Clothing And Home Textile Retail Market Will Maintain Steady Growth
Jul 15, 2019
We believe that the retail market for apparel home textiles will maintain steady growth in 2015; most of the new areas of business and new business development are still in the preliminary planning and even conceptual stages, and it is difficult to make a substantial contribution to the 2015 performance; the e-commerce model has a substantial effect on physical channels. The operational efficiency is improved, and the trend will continue. The contribution of e-commerce business to corporate performance will continue to increase. In recent years, the specific effects of “internal surgery” such as improving internal operational efficiency and refined supply chain management are expected to be further reflected in 2015. The improvement of the profit side of the enterprise will be better than the progress of the income side.

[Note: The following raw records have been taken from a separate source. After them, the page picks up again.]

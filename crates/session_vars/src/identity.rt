ghost use Rattle.std.specs.Prelude.{◌≡◌, codes, unwrap_or, IfOk, option_map};
ghost use Rattle.std.specs.Option.{option_copied};
ghost use Rattle.serde_json.specs.View.{view};
ghost use Rattle.role_model.specs.Sessions as spec;
ghost use Rattle.role_model.specs.Sessions.{identity_of, role_header};
ghost use Rattle.role_model.specs.Texts.{Texts, value_of};
ghost use Rattle.session_vars.specs.Kept.{kept_of};

use crate::headers::{Headers, read_headers};
use role_model::{Identity, Session, StrMap};
use role_schema::Meta;
use scalar_val::{NoMemory, Str};
use serde_json::Value;
use std::alloc::Global;

fn shows(headers: &Headers, secret: &str) -> bool
    ensures { result ≡ spec.is_secret secret.now headers.now.secret }
{
    match &headers.secret {
        Some(shown) => shown.as_str() == secret,
        None => false,
    }
}

fn is_trusted(secret: Option<&str>, headers: &Headers) -> bool
    ensures { (found : Texts) → headers.now ≡ kept_of found → result ≡ spec.is_trusted (option_copied secret.entry) found }
{
    match secret {
        Some(secret) => shows(headers, secret),
        None => true,
    }
}

fn role_of(alloc: Global, vars: &StrMap) -> Result<Str, NoMemory>
    ensures { IfOk result (λ role. role ≡ unwrap_or (value_of role_header vars.now) (codes "admin")) }
{
    match vars.get("x-hasura-role") {
        Some(role) => Str::of(alloc, role.as_str()),
        None => Str::of(alloc, "admin"),
    }
}

fn trusted(alloc: Global, headers: Headers) -> Result<Identity, NoMemory>
    ensures { IfOk result (λ identity. identity ≡ Identity.Allowed (record { role = unwrap_or (value_of role_header headers.vars) (codes "admin"); vars = headers.vars })) }
{
    let Headers {
        secret: _secret,
        vars,
    } = headers;
    let role = role_of(alloc, &vars)?;
    Ok(Identity::Allowed(Session { role, vars }))
}

fn unauthorized(alloc: Global, role: Option<&str>) -> Result<Identity, NoMemory>
    ensures { IfOk result (λ identity. identity ≡ spec.unauthorized (option_copied role.entry)) }
{
    match role {
        Some(role) => Ok(Identity::Allowed(Session {
            role: Str::of(alloc, role)?,
            vars: StrMap::new(alloc),
        })),
        None => Ok(Identity::Forbidden),
    }
}

/// Who a connection acts for, by the payload of its `connection_init`, where there is one.
///
/// The headers are the object `headers` of the payload, and none where it isn't there or is no object. Their names are
/// taken in lower case (ASCII); of several spellings of a name the one that is greatest by bytes counts, and headers
/// whose values aren't strings are ignored. A request is trusted where no secret is configured, or the header
/// `x-hasura-admin-secret` equals it. A trusted request has the role of the header `x-hasura-role`, by default `admin`,
/// and as session variables all headers that begin with `x-hasura-` but the secret. Any other request has the
/// unauthorized role and no session variables, and is forbidden exactly where no such role is configured. `NoMemory`
/// where memory is refused.
pub fn identify(alloc: Global, meta: &Meta, payload: Option<&Value>) -> Result<Identity, NoMemory>
    ensures { IfOk result (λ identity. identity ≡ identity_of meta.now (option_map (λ v. view v.now) payload.entry)) }
{
    let headers = read_headers(alloc, payload)?;
    if is_trusted(meta.secret(), &headers) {
        trusted(alloc, headers)
    } else {
        unauthorized(alloc, meta.unauthorized_role())
    }
}
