#![tactic(auto)]

// Compares the first worked line, and prints for each listed variant whether the right side can follow the left.
use comparing::{Comparison, can_begin};
use families::{Family, Step, can_make};
use lines::{first_left, first_right};
use masks::Mask;
use variants::VariantSet;

fn run(rt: &HostRuntime) -> anyhow::Result<()> {
    let (left_steps, right_steps) = (first_left(), first_right());
    let mut left_memory = [Step::default(); 3];
    let mut right_memory = [Step::default(); 2];
    let mut table = [Mask::default(); 4];
    can_make(2, &left_steps, left_memory.len())?;
    can_make(2, &right_steps, right_memory.len())?;
    let left = Family::make(2, &left_steps, &mut left_memory);
    let right = Family::make(2, &right_steps, &mut right_memory);
    let list = Mask::only(0).either(Mask::only(1));
    compare(rt, &left, &right, list, &mut table)
}

// Runs a comparison of the two families, and prints the verdict and what the run answered.
fn compare(
    rt: &HostRuntime,
    left: &Family<Mask>,
    right: &Family<Mask>,
    list: Mask,
    table: &mut [Mask],
) -> anyhow::Result<()> {
    can_begin(left, right, table.len())?;
    let mut comparison = Comparison::begin(left, right, list, table);
    let (sweeps, strikes) = comparison.run(9, left, right)?;
    comparison.can_settle()?;
    report(rt, list, comparison.settle().verdict())?;
    println!(rt; "struck {strikes}")?;
    println!(rt; "sweeps {sweeps}")?;
    Ok(())
}

// A line for each listed variant: yes if the verdict holds it.
fn report(rt: &HostRuntime, list: Mask, verdict: Mask) -> anyhow::Result<()> {
    for v in (0..Mask::size()).filter(|v| list.has(*v)) {
        let answer = if verdict.has(v) { "yes" } else { "no" };
        println!(rt; "{v} {answer}")?;
    }
    Ok(())
}

fn main(rt: HostRuntime) -> anyhow::Result<()> {
    run(&rt)
}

2015 terminal retail and corporate revenue is difficult to significantly improve
In 2014, the growth rate of terminal retail and industry revenue declined slightly, but the steady state of the enterprise has become obvious. We believe that in the context of the downward shift of China's economic growth center in the next few years, the income and expenditure of residents will remain stable in 2015, and the growth level of the retail market of apparel terminals will not be greatly improved. It is expected that the growth rate of terminal retail sales will be slightly higher in 2015. At 10%. 1) In 2014, the growth rate of residents' income and consumption expenditure decreased quarter by quarter, and the growth rate of retail sales of the industry declined slightly; 2) Although the revenue of most sub-sectors rebounded quarter by year, the overall growth of the first three quarters continued to decline compared with the same period of 2013; The data of the Spring/Summer 2015 trade fair has not changed significantly, reflecting the attitude of the franchisees is still more cautious.
The main focus of new business growth: resource matching degree and business synergy
The garment home textile enterprises are actively exploring new business growth points from the aspects of broadening the existing product lines and entering new industries. At present, the expansion process of most new businesses is still in the preliminary planning and implementation and even the concept stage. Although the long-term growth space is broad, It is difficult to have a substantial impact on the contribution of 2015 performance. We are relatively optimistic about companies that have a high degree of matching between corporate control resources and new business areas, as well as high synergies between traditional and new businesses.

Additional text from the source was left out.